Speaking of burning sensations, the new Broadway season officially began with the August 2 opening of Burn the Floor at the Longacre Theatre. Made up of a live band, a fog machine, a disco ball, a pair of vocalists, and 10 dancing couples from various countries around the world, this evening of competitive ballroom dance (or "dancesport") was choreographed by out Aussie Jason Gilkison and conceived as a special performance for Elton John's 50th birthday celebration in 1997.
Considering its queer genesis, it's a shame there isn't at least one steamy same-sex samba, but I suppose a waltz set to "After All (Love Theme From Chances Are )" is close enough. Crowds craving eye candy of both sexes won't go hungry here, and those sitting in the front rows may even feel beads of sweat flinging off the male dancers' ripped abs, strong shoulders, and impossibly toned legs as they spin, lunge, thrust ... What was I talking about? Oh, right. Dancing.

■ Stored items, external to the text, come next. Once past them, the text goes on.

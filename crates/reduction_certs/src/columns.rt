//! Columns of tables with the shares of the operators of a task.

ghost use Rattle.std.specs.Prelude.{◌≡◌, ◌<◌, ◌≤◌, All, IfSome, length, map, IfOk, OnOk};
ghost use Rattle.fdr.specs.Limits.{max_operators};
ghost use Rattle.abstraction_domain.specs.Rows.{AreNumbered};
ghost use Rattle.abstraction_mapping.specs.Views.{mapping_of};
ghost use Rattle.cert_value.specs.Views.{table_of, column_of, columns_of};
ghost use Rattle.reduction_certs.specs.InTask.{HasNumberedRows, HaveNumberedRows, table_in_task, columns_in_task};

use crate::shares::shares_in_task;
use abstraction_domain::ClassRow;
use abstraction_mapping::Mapping;
use cert_value::AbstractionTable;
use std::alloc::{AllocError, Global};

/// Reads the rows, whose type says that their classes are numbered. Only for the proof.
fn recall_rows(rows: &[ClassRow])
    ensures { All (λ r. AreNumbered r.classes) rows.now }
{
    for row in rows {
        let _ = row.classes();
    }
}

/// Reads the rows of a mapping. Only for the proof.
fn recall_mapping(mapping: &Mapping)
    ensures { HasNumberedRows (mapping_of mapping.now) }
{
    match mapping {
        Mapping::Pattern(_) => {}
        Mapping::Domains(rows) => recall_rows(rows),
    }
}

/// Returns the table with the shares of the operators of a task. `count` is the number of retained operators.
fn table_for(
    alloc: Global,
    count: usize,
    representatives: &[Option<usize>],
    table: AbstractionTable,
) -> Result<AbstractionTable, AllocError>
    requires few { length representatives.now ≤ max_operators }
    requires exist { All (λ r. IfSome r (λ k. k < count)) representatives.now }
    ensures table { IfOk result (λ made. table_of made ≡ table_in_task representatives.now (table_of table)) }
    ensures numbered { HasNumberedRows (mapping_of table.mapping) }
{
    recall_mapping(&table.mapping);
    let shares = shares_in_task(alloc, count, representatives, &table.shares)?;
    Ok(AbstractionTable {
        mapping: table.mapping,
        shares,
        values: table.values,
    })
}

/// Returns the tables of a column with the shares of the operators of a task.
fn column_for(
    alloc: Global,
    count: usize,
    representatives: &[Option<usize>],
    column: Vec<AbstractionTable>,
) -> Result<Vec<AbstractionTable>, AllocError>
    requires few { length representatives.now ≤ max_operators }
    requires exist { All (λ r. IfSome r (λ k. k < count)) representatives.now }
    ensures column { IfOk result (λ made. column_of made ≡ map (table_in_task representatives.now) (column_of column)) }
    ensures numbered { OnOk result (All (λ t. HasNumberedRows t.mapping) (column_of column)) }
{
    let mut made = Vec::with_capacity(alloc, column.len())?;
    for table in column {
        made.push(table_for(alloc, count, representatives, table)?)?;
    }
    Ok(made)
}

/// Returns the columns with the shares of the operators of a task.
pub(crate) fn columns_for(
    alloc: Global,
    count: usize,
    representatives: &[Option<usize>],
    columns: Vec<Vec<AbstractionTable>>,
) -> Result<Vec<Vec<AbstractionTable>>, AllocError>
    requires few { length representatives.now ≤ max_operators }
    requires exist { All (λ r. IfSome r (λ k. k < count)) representatives.now }
    ensures columns { IfOk result (λ made. columns_of made.items ≡ columns_in_task representatives.now (columns_of columns.items)) }
    ensures numbered { OnOk result (HaveNumberedRows (columns_of columns.items)) }
{
    let mut made = Vec::with_capacity(alloc, columns.len())?;
    for column in columns {
        made.push(column_for(alloc, count, representatives, column)?)?;
    }
    Ok(made)
}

If you're already suffering from So You Think You Can Dance withdrawal, you can feel the Burn until October 18. Catch it by August 16 and ogle Dancing With the Stars darlings Karina Smirnoff and the oft-shirtless Maksim Chmerkovskiy (pictured left).
For next month's column I'll recount my brave attempt to see as many gay-themed shows in the 13th annual Fringe Festival as humanly possible during the last two weeks of August. Sort of like Julie Powell's Julie/Julia Project, only with fewer carbs and zero chance of a feature film adaptation starring Meryl Streep.